All the narrative plots visualized (nostalgic, comical, consoling and cyclical) foster continuity between the generations, since ‘canonical generations’ maintain control over historical narratives and symbolical – temporal – boundaries. In Buenos Aires, the weight of the tragic past (either the dictatorship or the ‘nineties’) reinforces the linkage between generations via the widespread mission of collective remembering as well victimization as the main mechanism of intergenerational bonding. Among the older Chilean cohort, the canonical narrative of democratic transition promotes a future-oriented narrative (leave the past behind and look towards the future),

thereby gradually unleashing disenchantment along with past promises of truth and justice. Eventually, a consoling plot predominates. In the three cases there was an absence of the most ascribed characteristics of generations: novelty, breaking and disruption, or in other terms, generations as a mechanism of cultural creativity (Fietze 2009).

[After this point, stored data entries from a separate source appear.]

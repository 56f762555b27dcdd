// The larger door for C: a store of any legal size, read, recovered, looked at and written, by calls that hand on the proved ones.
// A C caller is checked by nothing, so no call has a `requires`. An answer is document 01's number, 0 where nothing is refused, and
// values: specs/Said.antt has both for each case of the answers of the proved calls. Settings are handed over as their numbers:
// specs/Asked.antt. host/ has the C declarations; a result of more than 16 bytes is there a pointer that is passed first.
#![tactic(auto)]

ghost use Rattle.std.specs.Prelude.{◌≡◌, ◌+◌, ◌≤◌, length};
ghost use Rattle.std.specs.Int.Bits.{bit_xor};
ghost use Rattle.crc32.specs.Crc.{all_ones, bytes_in, crc_of};
ghost use Rattle.refusal.specs.Refusal.{written_told};
ghost use Rattle.layout.specs.declared.Extent.TheVariants.{Full, Compacted};
ghost use Rattle.sources.specs.declared.Shown.TheVariants.{Caption, Vector};
ghost use Rattle.meaning.specs.Calls.{read_call, read_tables, recover_call, recover_tables, first_operation, output_after};
ghost use Rattle.meaning.specs.Views.{lookup as lookup_of, view as view_of};
ghost use Rattle.graph.specs.Neighbours.{neighbours as neighbours_of};
ghost use Rattle.graph.specs.Told.{cache_told, starts_after};
ghost use Rattle.snapshot.specs.Told.{read_told};
ghost use Rattle.recovery.specs.Told.{recovery_answer};
ghost use Rattle.store_log.specs.Told.{frame_told, operation_told};
ghost use Rattle.views.specs.Told.{found_told};
ghost use Rattle.listing_text.specs.Listing.{fitted, first_line_call, node_line_call};
ghost use Rattle.lambspool.specs.Lines.{heading, refusal_text};
ghost use Rattle.lambspool.specs.Asked.{settings_of, frame_asked, operation_of, operation_asked, cache_asked, write_asked, encode_asked};
ghost use Rattle.lambspool.specs.Fits.{FrameFits, ChangeFits, OperationFits};
ghost use Rattle.lambspool.specs.Said.{snapshot_said, refused_store, store_said, kind_number, no_frame, frame_said, change_said, operation_said, found_said, entry_said, source_number, part_said, cache_said, neighbours_said, bytes_said};

use config::{Config, Metric};
use graph::{CacheInfo, CachePart};
use layout::{Extent, Shape};
use listing_text::Heading;
use recovery::{NotRecovered, RecoveryInfo};
use refusal::Refusal;
use rows::{Id, Node};
use snapshot::SnapshotInfo;
use sources::Shown;
use store_log::{Operation as LogOperation, ReadOperation};
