// The heap of one machine.
ghost use Rattle.std.specs.Prelude.{◌≡◌, ◌<◌, ◌≤◌, ◌+◌, ◌==◌, [], ◌∷◌, ◌++◌, Some, None, IsOk, Err, MatchOption, length, slice_get, IfOk, OnErr, OnOk};
ghost use Rattle.std.specs.Option.{option_map, option_and_then, option_map_or, ForSome};
ghost use Rattle.njs_value.specs.declared.Class.TheVariants.{Array};
ghost use Rattle.njs_value.specs.declared.Value.TheVariants.{Undefined};
ghost use Rattle.njs_value.specs.declared.HeapStop.TheVariants.{Throw};
ghost use Rattle.njs_props.specs.Props.{property};
ghost use Rattle.njs_shared.specs.Heap.{sizes};
ghost use Rattle.njs_shared.specs.Fits.{FitsValue, FitsInner, FitsProperties, FitsObject, FitsHeap};
ghost use Rattle.njs_shared.specs.Lengths.{HasLength, HasLengthOfArray, HasLengths};
ghost use Rattle.njs_shared.specs.Ends.{HasEnds};
ghost use Rattle.njs_meaning.specs.Chains.{own_at, get, nearest, keys};
ghost use Rattle.njs_meaning.specs.Objects.{with_new_object, with_stopped, gives_other};
ghost use Rattle.njs_meaning.specs.Values.{length_from};
ghost use Rattle.njs_clone.specs.Content.{same_value, given, written};
ghost use Rattle.njs_clone.specs.Gives.{GivesAt, put_in, define_in, delete_in, property_copied};
ghost use Rattle.njs_clone.specs.Created.{with_object_of};
ghost use Rattle.njs_clone.specs.Scopes.{with_new_scope, with_slot, slot_count, slot_at};

use crate::changes::{Define, Delete, Put, SetSlot, StopExtensions};
use crate::properties::first_props;
use crate::reads::read_own;
use njs_layer::Layered;
use njs_meaning::number_of_text;
use njs_props::PropMap;
use njs_shared::{Inner, Object, Scope, Shared};
use njs_text::{List, NoMemory, Steps, Text};
use njs_value::{Cause, Class, Desc, Flags, HeapStop, ObjId, ScopeId, TextId, Value};
use std::alloc::Global;
use std::marker::Model;
use std::sync::ledger::Ledger;

/// The objects, scopes and texts of one machine, each by its number. It begins with those of a heap that machines share;
/// what it changes there it copies first, so no other machine sees the change. Contracts see the plain lists.
///
/// What holds of every `Shared` holds of every machine, and each call keeps it: numbers are the machine's own, every array has
/// a `length` above each of its array indices, and every chain of prototypes, of scopes and of bound functions ends. `sizes`
/// hands these facts on.
///
/// A call that makes an object or a scope counts one step, and so does a copy of one of the shared ones; nothing else does.
#[derive(Drop)]
pub struct Machine<'s> {
    objects: Layered<'s, Object>,
    scopes: Layered<'s, Scope>,
    texts: Layered<'s, Text>,
}

impl<'s> Model for Machine<'s> {
    ghost use Rattle.njs_shared.specs.Heap.{Heap};
    ghost use Rattle.njs_shared.specs.Fits.{FitsHeap};
    ghost use Rattle.njs_shared.specs.Lengths.{HasLengths};
    ghost use Rattle.njs_shared.specs.Ends.{HasEnds};

    ghost Value = { Heap };

    ghost view = { λ m. record { objects = m.objects; scopes = m.scopes; texts = m.texts } };

    ghost invariant = { λ m.
        FitsHeap (record { objects = m.objects; scopes = m.scopes; texts = m.texts })
        × HasLengths (record { objects = m.objects; scopes = m.scopes; texts = m.texts })
        × HasEnds (record { objects = m.objects; scopes = m.scopes; texts = m.texts }) };
}
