/// Takes the answer of a Glk call that went on.
fn take_answer<A: Allocator + Clone, E: Engine<A>, K: Sink>(
    run: &mut Running<E>,
    output: &mut K,
    turn: Turn,
    wait: GlkWait,
) -> Result<Next, Halt>
    requires asks { (E.whole run.old.engine).asking ≡ Some (asking.Glk wait.room) }
    requires answered { IsAnswered turn }
    requires fits { IsTurnFor (E.whole run.old.engine).machine.flat wait.room turn }
    requires fewer { wait.left ≤ run.old.left }
    requires room { wait.left ≤ left_after (E.log run.old.engine) (E.whole run.old.engine) }
    ensures plays { (coming : List ℕ) (start : Configuration) (entry d : Handed K.called)
        → GoesOn start entry (held_by E.whole E.log run.old coming) (asking_in E.whole run.old)
        (record d { sink = output.old }) wait turn
        → EventGives start entry (held_by E.whole E.log run.new coming) (asking_in E.whole run.new)
        (record d { sink = output.new }) result }
    ensures leads { Leads E.whole E.log run.old run.new wait.left result }
    ensures keeps { (d : Devices) → Keeps (record d { sink = K.seen output.old })
        (record d { sink = K.seen output.new }) result }
    ensures lines { run.new.lines ≡ run.old.lines }
{
    match turn {
        Turn::Answer(reply) => answer(run, output, &reply, wait.left),
        _ => unreachable!(),
    }
}

/// Goes on with a Glk call that waits.
fn go_on<A: Allocator + Clone, E: Engine<A>, K: Sink>(
    run: &mut Running<E>,
    output: &mut K,
    given: Given,
    wait: GlkWait,
) -> Result<Next, Halt>
    requires asks { (E.whole run.old.engine).asking ≡ Some (asking.Glk wait.room) }
    requires awaits { Awaits run.old.world.scene given }
    requires fewer { wait.left ≤ run.old.left }
    requires room { wait.left ≤ left_after (E.log run.old.engine) (E.whole run.old.engine) }
    ensures plays { (coming : List ℕ) (start : Configuration) (entry d : Handed K.called)
        → IsInCall start entry (held_by E.whole E.log run.old coming) (asking_in E.whole run.old)
        (record d { sink = output.old }) (goes_on given wait)
        → EventGives start entry (held_by E.whole E.log run.new coming) (asking_in E.whole run.new)
        (record d { sink = output.new }) result }
    ensures leads { Leads E.whole E.log run.old run.new wait.left result }
    ensures keeps { (d : Devices) → Keeps (record d { sink = K.seen output.old })
        (record d { sink = K.seen output.new }) result }
    ensures lines { run.new.lines ≡ run.old.lines }
{
    match glk_dispatch::go_on(&mut run.world, run.engine.state(), wait.room, given) {
        Err(fault) => faulted(fault),
        Ok(turn) => take_answer(run, output, turn, wait),
    }
}

/// Asks the shelf, once the pending text is sent.
fn consult<A: Allocator + Clone, E: Engine<A>, K: Sink, F: Shelf>(
    run: &mut Running<E>,
    output: &mut K,
    shelf: &mut F,
    question: Question,
    wait: GlkWait,
) -> Result<Next, Halt>
    requires asks { (E.whole run.old.engine).asking ≡ Some (asking.Glk wait.room) }
    requires awaits { (given : Given) → IsGivenFor (turn_of question) given → Awaits run.old.world.scene given }
    requires fewer { wait.left ≤ run.old.left }
    requires room { wait.left ≤ left_after (E.log run.old.engine) (E.whole run.old.engine) }
    ensures plays { IsCalled F.called shelf.old shelf.new
        (λ asked. (coming : List ℕ) (start : Configuration) (entry d : Handed K.called)
        → AreTold start.answers d.asked asked
        → IsInCall start entry (held_by E.whole E.log run.old coming) (asking_in E.whole run.old)
        (record d { sink = output.old; shelf = F.seen shelf.old }) (asks (turn_of question) wait)
        → EventGives start entry (held_by E.whole E.log run.new coming) (asking_in E.whole run.new)
        (record d { sink = output.new; shelf = F.seen shelf.new; asked = d.asked ++ asked }) result) }
    ensures leads { Leads E.whole E.log run.old run.new wait.left result }
    ensures keeps { (d : Devices) → Keeps (record d { sink = K.seen output.old; shelf = F.seen shelf.old })
        (record d { sink = K.seen output.new; shelf = F.seen shelf.new }) result }
    ensures lines { run.new.lines ≡ run.old.lines }
{
    flush(&mut run.world, output, 1)?;
    let given = question.ask(shelf)?;
    go_on(run, output, given, wait)
}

The present chapter provides for a counter-case to this trend of ‘generational continuity’ when offering an example of generational disruption. This chapter deals with stories circulating within the generational site of people born in Chile at the end of the eighties and the beginning of the nineties (1986-1992), i.e. people who grew up in a democratic context after 17 years of dictatorship. Two features are very salient here: a strong student movement critical of the educational system which has evolved since 2006, and a subtle reaction to the ‘communicative silence’ concerning the dictatorship. My analysis will show the extent to which both social events are connected.

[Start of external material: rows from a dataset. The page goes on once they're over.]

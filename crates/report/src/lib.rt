// What the test programs read and print: rows of cases, answers, bytes, and whether a buffer was kept.
#![tactic(auto)]

ghost use Rattle.std.specs.Prelude.{◌≡◌};
ghost use Rattle.std.specs.List.{list_all};

pub mod rows;

use answer::Refusal;
use std::io;

/// A label, the number and the place: of a refusal, or 0 and 0 where there is none.
pub fn say_answer(rt: &impl Print, label: &[u8], refusal: Option<Refusal>) -> io::Result<()> {
    let (number, place) = refusal.map_or((0, 0), |e| (e.number(), e.place()));
    rt.write_all(label)?;
    print!(rt; ": {number} {place}")
}

/// Whether a buffer was kept, after a comma, and the end of the line.
pub fn say_kept(rt: &impl Print, kept: bool) -> io::Result<()> {
    let word = if kept { "kept" } else { "changed" };
    println!(rt; ", {word}")
}

fn say_byte(rt: &impl Print, x: u8) -> io::Result<()> {
    print!(rt; "{x:02x}")
}

/// Bytes in hexadecimal.
pub fn say_bytes(rt: &impl Print, s: &[u8]) -> io::Result<()> {
    for x in s {
        say_byte(rt, *x)?;
    }
    Ok(())
}

/// Whether all entries of a buffer are the one that it was filled with.
pub fn all_are<T: PartialEq + Copy>(s: &[T], x: T) -> bool
    ensures { result ≡ list_all (λ y. T.eq y x) s.now }
{
    s.iter().all(|y| *y == x)
}

/// A number with its sign, after a space.
pub fn say_score(rt: &impl Print, x: i32) -> io::Result<()> {
    print!(rt; " {x}")
}
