// The cases of a test program, one to a line of its input: a label, and after the last colon the numbers. Words are passed over.
ghost use Rattle.std.specs.Prelude.{◌≤◌, ◌<◌, length, take, IfSome, OnOk};
ghost use Rattle.std.specs.Io.KnownBytes.{Consumes, IsAtEnd};

use std::io;
use std::io::Read;

/// How many bytes of its input a program reads at most.
pub const ROOM: usize = 65536;

// What a number has added to it where a minus sign stands before it: 2^40.
const MINUS: u64 = 1099511627776;

// Reads until the buffer is full, the input ends or a read fails: how many bytes stand at its start, and the failure.
fn fill<R: Read>(input: &mut R, buffer: &mut [u8]) -> (usize, io::Result<()>)
    ensures bound { result.0 ≤ length buffer.new }
    ensures bytes { Consumes (R.remaining input.old) (R.remaining input.new) (take result.0 buffer.new) }
    ensures end { OnOk result.1 (result.0 < length buffer.new → IsAtEnd (R.remaining input.new)) }
{
    let mut done: usize = 0;
    // A while: a read gives as many bytes as it likes.
    while done < buffer.len() {
        match input.read(&mut buffer[done..]) {
            Ok(0) => return (done, Ok(())),
            Ok(n) => done += n,
            Err(e) => return (done, Err(e)),
        }
    }
    (done, Ok(()))
}

/// Reads until the buffer is full, the input ends or a read fails, and says how many bytes stand at its start: the next ones that the
/// reader had.
pub fn read_full<R: Read>(input: &mut R, buffer: &mut [u8]) -> usize
    ensures bound { result ≤ length buffer.new }
    ensures bytes { Consumes (R.remaining input.old) (R.remaining input.new) (take result buffer.new) }
{
    fill(input, buffer).0
}

/// The end of the line that begins at an index.
pub fn line_end(text: &[u8], from: usize) -> usize
    requires { from ≤ length text.now }
    ensures low { from ≤ result }
    ensures high { result ≤ length text.now }
{
    // On the rest of the text: a `skip` would step over what lies before it, at each line anew.
    let rest = &text[from..];
    from + rest.iter().position(|c| *c == b'\n').unwrap_or(rest.len())
}

/// Runs each case, a line of the input, in order. It ends after the last line, and hands on the first failure.
pub fn each_line<F: Fn(&[u8]) -> io::Result<()>>(text: &[u8], case: F) -> io::Result<()>
    requires { F.IsAlwaysCallable case }
{
    let mut at = 0;
    // A while: it goes on where a line ends.
    while at < text.len() {
        let end = line_end(text, at);
        case(&text[at..end])?;
        at = end + 1;
    }
    Ok(())
}

/// The first byte of a line, or 0.
pub fn first(line: &[u8]) -> u8 {
    line.first().copied().unwrap_or(0)
}

// A digit, if it is one; a to f are digits where the base is 16.
fn digit(c: u8, base: u64) -> Option<u64>
    ensures { IfSome result (λ d. d < 16) }
{
    match c {
        b'0'..=b'9' => Some(u64::from(c - b'0')),
        b'a'..=b'f' if base == 16 => Some(u64::from(c - b'a') + 10),
        _ => None,
    }
}

// A number with a digit more.
fn with_digit(x: u64, base: u64, d: u64) -> u64
    requires { (base ≤ 16) × (d < 16) }
{
    let sign = x / MINUS % 2 * MINUS;
    let size = x % MINUS;
    sign + (base * size + d) % MINUS
}

// The place of the number that a byte belongs to: the next one, after a number's last digit.
fn next_place(k: usize, inside: bool, d: Option<u64>) -> usize
    requires { k ≤ 31 }
    ensures { result ≤ 31 }
{
    if inside && d.is_none() && k < 31 {
        k + 1
    } else {
        k
    }
}

fn next_value(x: u64, base: u64, d: Option<u64>, c: u8) -> u64
    requires { (base ≤ 16) × IfSome d (λ n. n < 16) }
{
    match d {
        Some(d) => with_digit(x, base, d),
        None if c == b'-' => MINUS,
        None => x,
    }
}

fn next_base(base: u64, d: Option<u64>, c: u8) -> u64
    requires { base ≤ 16 }
    ensures { result ≤ 16 }
{
    match d {
        Some(_) => base,
        None if c == b'x' => 16,
        None => 10,
    }
}

// Where the numbers of a line begin.
fn start(line: &[u8]) -> usize
    ensures { result ≤ length line.now }
{
    line.iter().rposition(|c| *c == b':').unwrap_or(0)
}

/// The numbers of a line, at most 32; x before one says that it is hexadecimal.
pub fn numbers(line: &[u8]) -> [u64; 32] {
    // A sign is in bit 40: programs keep what they do on every input, and a sign beside the number would turn each row into two
    // arrays.
    let mut out = [0u64; 32];
    let mut k: usize = 0;
    let mut inside = false;
    let mut base: u64 = 10;
    for c in &line[start(line)..] {
        let d = digit(*c, base);
        k = next_place(k, inside, d);
        out[k] = next_value(out[k], base, d, *c);
        base = next_base(base, d, *c);
        inside = d.is_some();
    }
    out
}

/// A number as one of 32 bits with its sign. Of -2147483648 the size is 0 here.
pub fn signed(x: u64) -> i32 {
    let size = (x % 2147483648) as i32;
    if x < MINUS {
        return size;
    }
    if size == 0 { i32::MIN } else { -size }
}

/// The last eight bits of a number.
pub fn byte(x: u64) -> u8 {
    (x % 256) as u8
}

/// A number, or the limit where it is above that.
pub fn at_most(limit: usize, x: u64) -> usize
    ensures { result ≤ limit }
{
    limit.min(x as usize)
}

/// The first n entries, or all where there are fewer.
pub fn front<T>(s: &[T], n: u64) -> &[T] {
    &s[..at_most(s.len(), n)]
}

/// The first n entries of a buffer, lent for writing, or all where there are fewer.
pub fn room<T>(s: &mut [T], n: u64) -> &mut [T] {
    let k = at_most(s.len(), n);
    &mut s[..k]
}
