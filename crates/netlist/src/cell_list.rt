// A netlist whose cells lie in the caller's memory.
ghost use Rattle.netlist.specs.Nets.{Lawful, net_of};

use crate::cell::Cell;

pub mod making;

// The cells are lawful for as long as the list exists.
#[derive(Clone, Copy, Debug)]
pub struct CellList<'a> {
    inputs: usize,
    cells: &'a [Cell],
    ghost lawful: { Lawful (net_of inputs cells.now) },
}
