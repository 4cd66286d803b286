// Netlists: cells, and what answers as a netlist.
#![tactic(auto)]

pub mod cell;
pub mod cell_list;
pub mod netlist;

The linkage of such a ‘bitter past’ with the cycle of student mobilization deserves special attention. If classical generational approaches are nourished by progressive emplotments – in which the ‘horizons of expectation’ are disentangled from older

‘spaces of experience’, to draw on Koselleck’s terms, – the increasing weight of tragic narrativity in contemporary regimes of temporality (Alexander 2002, Eder 2005, Huyssen 2003, Olick 2007) might generate some kind of tension within this progressive sense of disruption. Indeed, I wonder why, in the Argentine context, the tragic narrative stimulates continuity as well as high youth political activism (the cyclical plot), whereas in the Chilean case a more ‘acrimonious’ and conflicting story predominates.

For this chapter I draw on 18 narratives interviews conducted in 2012 and ten autobiographical reports written in the same year. This is the only case for which I could gather written reports (see 2.1.1, footnote 19). The chapter is structured chronologically, from the transmission of the last dictatorship to the great wave of protests in 2011.